Matthias Langer wrote:
> 
> Well, I don't know what your problem really is about; I'm running x86,
> and if something breaks on my system, it's mostly not because of broken
> packages, but because I should have been informed about possible issues
> that could have been caused by an upgrade, and how to avoid them. Often,
> ebuilds contain very important information that are brought to the user
> via elog, ewarn and friends. The problem with this approach is, that I
> won't read these messages if I'm doing a world update while I'm asleep.
> This is, why I think, that it should be one of Gentoos highest
> priorities to implement Glep 42 and make heavy use of it.
> 
> Matthias

Your post brings up an interesting concept; that Gentoo is both a
repository of ebuilds and is also a distribution of packages.

Providing ebuilds for X number of packages is a nice thing and if you
complain about Gentoo being too large and too undivided you could devide
the work there.  Maintaining a set of packages involves writing ebuilds.

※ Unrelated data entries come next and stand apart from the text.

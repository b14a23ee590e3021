//! Entries and bits put through a pen, a line for each entry and for each register.

ghost use Rattle.std.specs.Prelude.{◌≡◌, ◌+◌, ◌<◌, ◌≤◌, ◌∷◌, ◌++◌, [], All, flat_map, length, decimal, OnOk, OnErr};
ghost use Rattle.patch_base.specs.Outside.{Rose, AppendsPrefix};
ghost use Rattle.patch_base.specs.Passes.{Passes};
ghost use Rattle.patch_base.specs.Texts.{digit};
ghost use Rattle.pauli_product.specs.Spelling.{product_text, letter_text};
ghost use Rattle.source_model.specs.Circuits.{WellFormed, bits_in};
ghost use Rattle.schedule_text.specs.Text.{optional, outcome_words, digits, bit_in, bits_text};
ghost use Rattle.schedule_text.specs.Pens.{IsWithin};
ghost use Rattle.schedule_text.specs.inside.Pens.{spread, head_words, cells_in, cell_word, entry_text, register_text};

use board_core::{Entry, Noted};
use node_log::Log;
use patch_base::{Failed, Pen, Sink};
use pauli_product::{Letter, Product};
use source_model::{Circuit, Given, Name, Register};

fn letter_byte(letter: Letter) -> u8
    ensures { letter_text letter ≡ result ∷ [] }
{
    match letter {
        Letter::I => b'I',
        Letter::X => b'X',
        Letter::Y => b'Y',
        Letter::Z => b'Z',
    }
}

fn put_digit(pen: &mut Pen, bit: bool)
    requires { length pen.old < 8192 }
    ensures { pen.new ≡ pen.old ++ digit bit }
{
    pen.put_byte(if bit { b'1' } else { b'0' });
}

fn put_letter_word(pen: &mut Pen, letter: u8)
    requires { length pen.old + 2 ≤ 8192 }
    ensures text { pen.new ≡ pen.old ++ 32 ∷ letter ∷ [] }
    ensures few { length pen.new ≡ length pen.old + 2 }
{
    pen.put_byte(b' ');
    pen.put_byte(letter);
}

fn put_number(pen: &mut Pen, n: u32)
    requires { length pen.old + 11 ≤ 8192 }
    ensures text { pen.new ≡ pen.old ++ 32 ∷ decimal n }
    ensures few { length pen.new ≤ length pen.old + 11 }
{
    pen.put_byte(b' ');
    pen.put_decimal(n);
}

fn put_optional(pen: &mut Pen, n: Option<u32>)
    requires { length pen.old + 11 ≤ 8192 }
    ensures text { pen.new ≡ pen.old ++ 32 ∷ optional n }
    ensures few { length pen.new ≤ length pen.old + 11 }
{
    match n {
        Some(n) => put_number(pen, n),
        None => put_letter_word(pen, b'-'),
    }
}

fn put_flag(pen: &mut Pen, bit: bool)
    requires { length pen.old + 2 ≤ 8192 }
    ensures text { pen.new ≡ pen.old ++ 32 ∷ digit bit }
    ensures few { length pen.new ≡ length pen.old + 2 }
{
    pen.put_byte(b' ');
    put_digit(pen, bit);
}

fn put_axis(pen: &mut Pen, axis: &Product)
    requires { length pen.old + 1026 ≤ 8192 }
    ensures text { pen.new ≡ pen.old ++ 32 ∷ product_text axis.now }
    ensures few { length pen.new ≤ length pen.old + 1026 }
{
    pen.put_byte(b' ');
    pen.put_byte(if axis.sign() { b'-' } else { b'+' });
    for q in 0..axis.len() {
        pen.put_byte(letter_byte(axis.letter(q)));
    }
}

fn put_given(pen: &mut Pen, given: Given)
    requires { length pen.old + 4 ≤ 8192 }
    ensures text { pen.new ≡ pen.old ++ spread (outcome_words given) }
    ensures few { length pen.new ≤ length pen.old + 4 }
{
    match given {
        Given::Rotation { raw, x } => {
            put_flag(pen, raw);
            put_flag(pen, x);
        }
        Given::Measure { raw } => put_flag(pen, raw),
        Given::Settled => {}
    }
}

// The words of an entry but for a claim's cells.
fn put_words(pen: &mut Pen, entry: &Entry)
    requires { length pen.old + 1100 ≤ 8192 }
    ensures text { pen.new ≡ pen.old ++ spread (head_words entry.now) }
    ensures few { length pen.new ≤ length pen.old + 1100 }
{
    match entry {
        Entry::Claim {
            product,
            axis,
            port,
            state,
            cells: _,
        } => {
            put_letter_word(pen, b'C');
            put_number(pen, *product);
            put_axis(pen, axis);
            put_optional(pen, *port);
            put_optional(pen, *state);
        }
        Entry::Deliver { product, given } => {
            put_letter_word(pen, b'D');
            put_number(pen, *product);
            put_given(pen, *given);
        }
        Entry::Release { product } => {
            put_letter_word(pen, b'R');
            put_number(pen, *product);
        }
        Entry::Step { factory } => {
            put_letter_word(pen, b'S');
            put_number(pen, *factory);
        }
        Entry::Settle { product, flip } => {
            put_letter_word(pen, b'T');
            put_number(pen, *product);
            put_flag(pen, *flip);
        }
    }
}

fn put_cell<O: Sink>(pen: &mut Pen, cell: u32, out: &mut O) -> Result<(), Failed>
    ensures counts { O.faults out.old ≤ O.faults out.new }
    ensures ok { OnOk result (Passes (O.taken out.old) (O.taken out.new) pen.old pen.new
        (cell_word cell)) }
    ensures room { OnOk result (length pen.new ≤ 8000) }
    ensures prefix { OnErr result (AppendsPrefix (O.taken out.old) (O.taken out.new)
        (pen.old ++ cell_word cell)) }
    ensures failed { OnErr result (Rose (O.faults out.old) (O.faults out.new)) }
{
    pen.make_room(out)?;
    put_number(pen, cell);
    Ok(())
}

fn put_cells<O: Sink>(pen: &mut Pen, cells: &[u32], out: &mut O) -> Result<(), Failed>
    requires { length pen.old ≤ 8000 }
    ensures counts { O.faults out.old ≤ O.faults out.new }
    ensures ok { OnOk result (Passes (O.taken out.old) (O.taken out.new) pen.old pen.new
        (flat_map cell_word cells.now)) }
    ensures room { OnOk result (length pen.new ≤ 8000) }
    ensures prefix { OnErr result (AppendsPrefix (O.taken out.old) (O.taken out.new)
        (pen.old ++ flat_map cell_word cells.now)) }
    ensures failed { OnErr result (Rose (O.faults out.old) (O.faults out.new)) }
{
    for cell in cells {
        put_cell(pen, *cell, out)?;
    }
    Ok(())
}

// A claim's cells; other entries have none.
fn put_cells_of<O: Sink>(pen: &mut Pen, entry: &Entry, out: &mut O) -> Result<(), Failed>
    requires { length pen.old ≤ 8000 }
    ensures counts { O.faults out.old ≤ O.faults out.new }
    ensures ok { OnOk result (Passes (O.taken out.old) (O.taken out.new) pen.old pen.new
        (flat_map cell_word (cells_in entry.now))) }
    ensures room { OnOk result (length pen.new ≤ 8000) }
    ensures prefix { OnErr result (AppendsPrefix (O.taken out.old) (O.taken out.new)
        (pen.old ++ flat_map cell_word (cells_in entry.now))) }
    ensures failed { OnErr result (Rose (O.faults out.old) (O.faults out.new)) }
{
    match entry {
        Entry::Claim { cells, .. } => put_cells(pen, cells.cells(), out),
        _ => Ok(()),
    }
}

// An entry's line.
fn put_entry<O: Sink>(pen: &mut Pen, noted: &Noted, out: &mut O) -> Result<(), Failed>
    ensures counts { O.faults out.old ≤ O.faults out.new }
    ensures ok { OnOk result (Passes (O.taken out.old) (O.taken out.new) pen.old pen.new
        (entry_text noted.now)) }
    ensures prefix { OnErr result (AppendsPrefix (O.taken out.old) (O.taken out.new)
        (pen.old ++ entry_text noted.now)) }
    ensures failed { OnErr result (Rose (O.faults out.old) (O.faults out.new)) }
{
    pen.make_room(out)?;
    pen.put_decimal(noted.by);
    put_words(pen, &noted.entry);
    put_cells_of(pen, &noted.entry, out)?;
    pen.put_byte(b'\n');
    Ok(())
}

fn put_bit<O: Sink>(pen: &mut Pen, bit: bool, out: &mut O) -> Result<(), Failed>
    ensures counts { O.faults out.old ≤ O.faults out.new }
    ensures ok { OnOk result (Passes (O.taken out.old) (O.taken out.new) pen.old pen.new
        (digit bit)) }
    ensures room { OnOk result (length pen.new ≤ 8000) }
    ensures prefix { OnErr result (AppendsPrefix (O.taken out.old) (O.taken out.new)
        (pen.old ++ digit bit)) }
    ensures failed { OnErr result (Rose (O.faults out.old) (O.faults out.new)) }
{
    pen.make_room(out)?;
    put_digit(pen, bit);
    Ok(())
}

// The digits of `size` bits from `first` on, the highest index first.
fn put_digits<O: Sink>(
    pen: &mut Pen,
    first: usize,
    size: usize,
    bits: &[bool],
    out: &mut O,
) -> Result<(), Failed>
    requires room { length pen.old ≤ 8000 }
    requires within { first + size ≤ length bits.now }
    ensures counts { O.faults out.old ≤ O.faults out.new }
    ensures ok { OnOk result (Passes (O.taken out.old) (O.taken out.new) pen.old pen.new
        (digits (bit_in bits.now) first size)) }
    ensures room { OnOk result (length pen.new ≤ 8000) }
    ensures prefix { OnErr result (AppendsPrefix (O.taken out.old) (O.taken out.new)
        (pen.old ++ digits (bit_in bits.now) first size)) }
    ensures failed { OnErr result (Rose (O.faults out.old) (O.faults out.new)) }
{
    for b in (first..first + size).rev() {
        put_bit(pen, bits[b], out)?;
    }
    Ok(())
}

fn put_name<O: Sink>(pen: &mut Pen, name: &Name, out: &mut O) -> Result<(), Failed>
    ensures counts { O.faults out.old ≤ O.faults out.new }
    ensures ok { OnOk result (Passes (O.taken out.old) (O.taken out.new) pen.old pen.new
        name.now) }
    ensures room { OnOk result (length pen.new ≤ 8191) }
    ensures prefix { OnErr result (AppendsPrefix (O.taken out.old) (O.taken out.new)
        (pen.old ++ name.now)) }
    ensures failed { OnErr result (Rose (O.faults out.old) (O.faults out.new)) }
{
    pen.put_all(name.bytes(), out)
}

// A register's line of bits.
fn put_register<O: Sink>(
    pen: &mut Pen,
    register: &Register,
    bits: &[bool],
    out: &mut O,
) -> Result<(), Failed>
    requires { register.now.first + register.now.size ≤ length bits.now }
    ensures counts { O.faults out.old ≤ O.faults out.new }
    ensures ok { OnOk result (Passes (O.taken out.old) (O.taken out.new) pen.old pen.new
        (register_text (bit_in bits.now) register.now)) }
    ensures prefix { OnErr result (AppendsPrefix (O.taken out.old) (O.taken out.new)
        (pen.old ++ register_text (bit_in bits.now) register.now)) }
    ensures failed { OnErr result (Rose (O.faults out.old) (O.faults out.new)) }
{
    pen.make_room(out)?;
    pen.put(b"bits ");
    put_name(pen, &register.name, out)?;
    pen.put_byte(b' ');
    pen.make_room(out)?;
    put_digits(
        pen,
        register.first as usize,
        register.size as usize,
        bits,
        out,
    )?;
    pen.put_byte(b'\n');
    Ok(())
}

fn put_registers<O: Sink>(
    pen: &mut Pen,
    registers: &[Register],
    bits: &[bool],
    out: &mut O,
) -> Result<(), Failed>
    requires { All (IsWithin (length bits.now)) registers.now }
    ensures counts { O.faults out.old ≤ O.faults out.new }
    ensures ok { OnOk result (Passes (O.taken out.old) (O.taken out.new) pen.old pen.new
        (flat_map (register_text (bit_in bits.now)) registers.now)) }
    ensures prefix { OnErr result (AppendsPrefix (O.taken out.old) (O.taken out.new)
        (pen.old ++ flat_map (register_text (bit_in bits.now)) registers.now)) }
    ensures failed { OnErr result (Rose (O.faults out.old) (O.faults out.new)) }
{
    for register in registers {
        put_register(pen, register, bits, out)?;
    }
    Ok(())
}

/// Puts the entries' lines.
pub(crate) fn put_entries<O: Sink>(
    pen: &mut Pen,
    history: &Log<Noted>,
    out: &mut O,
) -> Result<(), Failed>
    ensures counts { O.faults out.old ≤ O.faults out.new }
    ensures ok { OnOk result (Passes (O.taken out.old) (O.taken out.new) pen.old pen.new
        (flat_map entry_text history.now)) }
    ensures prefix { OnErr result (AppendsPrefix (O.taken out.old) (O.taken out.new)
        (pen.old ++ flat_map entry_text history.now)) }
    ensures failed { OnErr result (Rose (O.faults out.old) (O.faults out.new)) }
{
    for noted in history.walk() {
        put_entry(pen, noted, out)?;
    }
    Ok(())
}

/// Puts the lines of the registers' bits.
pub(crate) fn put_bits<O: Sink>(
    pen: &mut Pen,
    circuit: &Circuit,
    bits: &[bool],
    out: &mut O,
) -> Result<(), Failed>
    requires circuit { WellFormed circuit.now }
    requires bits { length bits.now ≡ bits_in circuit.now.registers }
    ensures counts { O.faults out.old ≤ O.faults out.new }
    ensures ok { OnOk result (Passes (O.taken out.old) (O.taken out.new) pen.old pen.new
        (bits_text circuit.now.registers (bit_in bits.now))) }
    ensures prefix { OnErr result (AppendsPrefix (O.taken out.old) (O.taken out.new)
        (pen.old ++ bits_text circuit.now.registers (bit_in bits.now))) }
    ensures failed { OnErr result (Rose (O.faults out.old) (O.faults out.new)) }
{
    put_registers(pen, circuit.registers.as_slice(), bits, out)
}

Maintaining a distribution involves much more work; I think for some
it's not exactly the work they are interested in and it is the place
where most of the....friction? lies.

Random-dev doesn't care about 'gentoo' so much as he cares that his
packages are working/(up to date) and 'gentoo' more or less works ok
given his knowledge of it's internals.

Or am I way off here?

There are many devs that have all kinds of opinions about a distro and
how it is set up; but I think there are very few people who have
thoughts about how to create and maintain a meta-distro.

PS: If there is a better list for this please point me there.